* PROBLEM STATEMENT: For the entries below, state how many lines contain the word "symmetries" and add nothing else.
-------- RECORDS FOR PROCESSING
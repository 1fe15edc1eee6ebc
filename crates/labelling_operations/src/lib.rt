// The operations that stand on the labelling, for callers: relabel, the characteristic labelling by value, compare, symmetries, kept. Each
// first checks the diagrams it is lent.
#![tactic(auto)]

pub use labelling_answers::{Side, SideRefusal};
pub use labelling_operations_compare::{compare_rooted, compare_unrooted};
pub use labelling_operations_relabel::relabel;
pub use labelling_operations_rootings::{kept, symmetries};
pub use labelling_relabelling::characteristic;
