// A list of numbers, written as bytes into a lent buffer at a place: the entries in decimal with commas between them, `-` for the empty list.
#![tactic(auto)]

ghost use Rattle.std.specs.Prelude.{◌≡◌, ◌∷◌, []};
ghost use Rattle.text_printing_pieces.specs.Pieces.{output, put_all};
ghost use Rattle.text_printing_lists.specs.Lists.{entry_pieces, list_pieces};

use text_printing_pieces::{put_byte, put_number};

// An entry of a list after the first.
pub fn put_entry(out: &mut [u8], place: usize, x: u64) -> usize
    ensures { output out.new result ≡ put_all (entry_pieces (x ∷ [])) (output out.old place) }
{
    let next = put_byte(out, place, b',');
    put_number(out, next, x)
}

pub fn put_list(out: &mut [u8], place: usize, list: &[u16]) -> usize
    ensures { output out.new result ≡ put_all (list_pieces list.now) (output out.old place) }
{
    if list.len() == 0 {
        return put_byte(out, place, b'-');
    }
    let mut next = put_number(out, place, list[0] as u64);
    for &x in &list[1..] {
        next = put_entry(out, next, x as u64);
    }
    next
}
----------------
* SOLVED PROBLEM: 2